Alec saling berpandangan dengan Marco, dan masing-masing bertanya-tanya kehidupan macam apa yang akan mereka jalani di tempat itu.
"Tidak ada," imbuh orang itu, "Belum pernah kulihat ada seorang penjaga baru yang sanggup bertahan lebih dari satu bulan."
"Tapi kau masih di sini," tukas Marco.
Pemuda itu pun menyeringai, mulutnya masih mengunyah-ngunyah jerami dan matanya masih memandang langit-langit.
"Itu karena aku belajar bagaimana caranya bertahan hidup," balasnya.
"Sudah berapa lama kau berada di sini?" tanya Alec.
"Dua bulan," balasnya. "Aku yang paling lama di antara mereka semua."
Alec ternganga karena terkejut. Dua bulan, dan orang itu adalah yang bertahan paling lama. Tempat ini benar-benar tempat menyetor nyawa. Ia mulai bertanya-tanya apakah dirinya salah telah memilih datang ke tempat ini; mungkin ia seharusnya melawan para prajurit Pandesia saat mereka tiba di Solis, sehingga ia bisa mati dengan cepat, mati dengan wajar di kampung halamannya.

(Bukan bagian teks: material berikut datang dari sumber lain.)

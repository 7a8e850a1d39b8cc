//! What is compared of an exploration: how many histories there are, how many single facts and how many outcomes, the latter two each with a
//! sum over their lines that does not depend on their order. The lines that are in each outcome are summed once, as those of an outcome of
//! their own. To the lines of an outcome belongs how many histories come to it. Where there are more than 64 outcomes the exploration tells
//! none of them.

use chorus_io::{Failed, Sink, write_all};
use chorus_ui::parse_decimal;

/// What is compared of an exploration.
#[derive(Clone, Copy)]
pub(crate) struct Digest {
    histories: u64,
    facts: u64,
    facts_sum: u64,
    outcomes: u64,
    outcomes_sum: u64,
    /// That of the outcome which is gone through.
    outcome_sum: u64,
    /// Whether all that may come is told.
    is_whole: bool,
    part: Part,
}

/// The part of the text that is gone through.
#[derive(Clone, Copy)]
enum Part {
    Head,
    Facts,
    Outcomes,
    Schedules,
}

/// The digest of the text of an exploration.
pub(crate) fn digest_of(text: &[u8]) -> Digest {
    let mut digest = Digest {
        histories: 0,
        facts: 0,
        facts_sum: 0,
        outcomes: 0,
        outcomes_sum: 0,
        outcome_sum: 0,
        is_whole: false,
        part: Part::Head,
    };
    for line in text.split(|byte| *byte == b'\n') {
        digest = digest.with_line(line);
    }
    digest
}

impl Digest {
    /// Prints the digest. Where the text of the exploration does not tell of all that may come, only that.
    pub(crate) fn say<K: Sink>(&self, output: &mut K) -> Result<(), Failed> {
        if !self.is_whole {
            return write_all(output, b"not explored\n");
        }
        say_number(b"", self.histories, output)?;
        say_number(b" ", self.facts, output)?;
        say_number(b" ", self.facts_sum, output)?;
        say_number(b" ", self.outcomes, output)?;
        say_number(b" ", self.outcomes_sum, output)?;
        write_all(output, b"\n")
    }

    /// The digest with one line more of the exploration's text.
    fn with_line(self, line: &[u8]) -> Digest {
        if line.is_empty() {
            self
        } else if line.starts_with(b"facts ") {
            Digest {
                part: Part::Facts,
                ..self
            }
        } else if let Some(outcomes) = number_behind(b"outcomes ", line) {
            Digest {
                part: Part::Outcomes,
                outcomes,
                ..self
            }
        } else if begins_outcome(line) {
            self.with_outcome(line)
        } else {
            self.with_line_of_part(line)
        }
    }

    /// The digest with the outcome that was gone through, where another one or a schedule begins.
    fn with_outcome(self, line: &[u8]) -> Digest {
        let is_schedule = line.starts_with(b"schedule ");
        Digest {
            outcomes_sum: self.outcomes_sum.wrapping_add(self.outcome_sum),
            outcome_sum: 0,
            part: if is_schedule {
                Part::Schedules
            } else {
                self.part
            },
            ..self
        }
    }

    /// The digest with a line of the part that is gone through: in front, a fact, or one of an outcome.
    fn with_line_of_part(self, line: &[u8]) -> Digest {
        match self.part {
            Part::Head => self.with_front(line),
            Part::Facts => Digest {
                facts: self.facts.wrapping_add(1),
                facts_sum: self
                    .facts_sum
                    .wrapping_add(sum_on(0, behind_space(behind_space(line)))),
                ..self
            },
            Part::Outcomes => Digest {
                outcome_sum: sum_on(self.outcome_sum, line),
                ..self
            },
            Part::Schedules => self,
        }
    }

    /// The digest with a line in front of the facts.
    fn with_front(self, line: &[u8]) -> Digest {
        if let Some(histories) = number_behind(b"histories ", line) {
            Digest { histories, ..self }
        } else {
            Digest {
                is_whole: self.is_whole || line == b"all".as_slice(),
                ..self
            }
        }
    }
}

/// Whether an outcome or a schedule begins with the line of an exploration, or the lines that are in each outcome.
fn begins_outcome(line: &[u8]) -> bool {
    line.starts_with(b"always ") || line.starts_with(b"outcome ") || line.starts_with(b"schedule ")
}

/// What stands behind the first space in a line of an exploration, all of it where there is none.
fn behind_space(line: &[u8]) -> &[u8] {
    match line.iter().position(|byte| *byte == b' ') {
        Some(index) => &line[index + 1..],
        None => line,
    }
}

/// The number that follows the word in a line of an exploration. None where it is another line.
fn number_behind(word: &[u8], line: &[u8]) -> Option<u64> {
    parse_decimal(line.strip_prefix(word)?)
}

/// A digest's sum of the line and its LF in which their places count, from what the lines before gave.
fn sum_on(before: u64, line: &[u8]) -> u64 {
    let mut sum = before;
    for byte in line {
        sum = sum.wrapping_mul(31).wrapping_add(u64::from(*byte));
    }
    sum.wrapping_mul(31).wrapping_add(u64::from(b'\n'))
}

/// Prints the text and the number, of a digest or of how a case ended.
pub(crate) fn say_number<K: Sink>(text: &[u8], number: u64, output: &mut K) -> Result<(), Failed> {
    write_all(output, text)?;
    let mut buffer = itoa::Buffer::new();
    write_all(output, buffer.format(number).as_bytes())
}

Benaknya sekarang dipenuhi oleh pikiran untuk melarikan diri; lagipula, kakaknya telah lolos dari paksaan untuk menjadi penjaga di tempat ini—apa lagi perlunya ia berada di tempat ini?
Alec mulai mencari-cari di seluruh dinding, memeriksa letak jendela dan pintu, menghitung jumlah penjaga barak, dan bertanya-tanya apakah ada jalan untuk keluar dari tempat ini.
"Bagus," kata pemuda itu dengan mata yang masih tertuju ke langit-langit, namun tetap dapat melihat apa yang dilakukan oleh Alec. "Berpikir untuk melarikan diri. Berpikir tentang tempat mana pun juga, selain tempat ini. Itulah caramu untuk bertahan hidup."
Alec tersipu malu karena pemuda itu bisa membaca pikirannya, dan ia heran bagaimana pemuda itu bisa melakukannya tanpa melihat apa yang sedang ia lakukan.
"Namun jangan pernah benar-benar mencobanya," kata pemuda itu. "Tak terhitung lagi berapa orang yang mati karena mencoba melarikan diri setiap malam. Lebih baik terbunuh daripada mati saat melarikan diri."
"Mati seperti apa?" tanya Marco. "Apakah mereka menyiksa kalian?"
Pemuda itu menggeleng.
"Lebih buruk lagi," katanya. "Mereka membiarkanmu melarikan diri."
Alec menatap orang itu dengan kebingungan.
"Apa maksudmu?" tanya Alec.
"Tempat ini adalah pilihan yang tepat," tutur pemuda itu. "Hutan itu penuh dengan kematian. Babi hutan, binatang buas, para troll—serta segala sesuatu yang bisa kau bayangkan. Tak pernah ada yang selamat."
Pemuda itu menyeringai dan untuk kali pertamanya memandang mereka berdua.
"Selamat datang di Benteng Api, kawan," katanya sembari tersenyum lebar.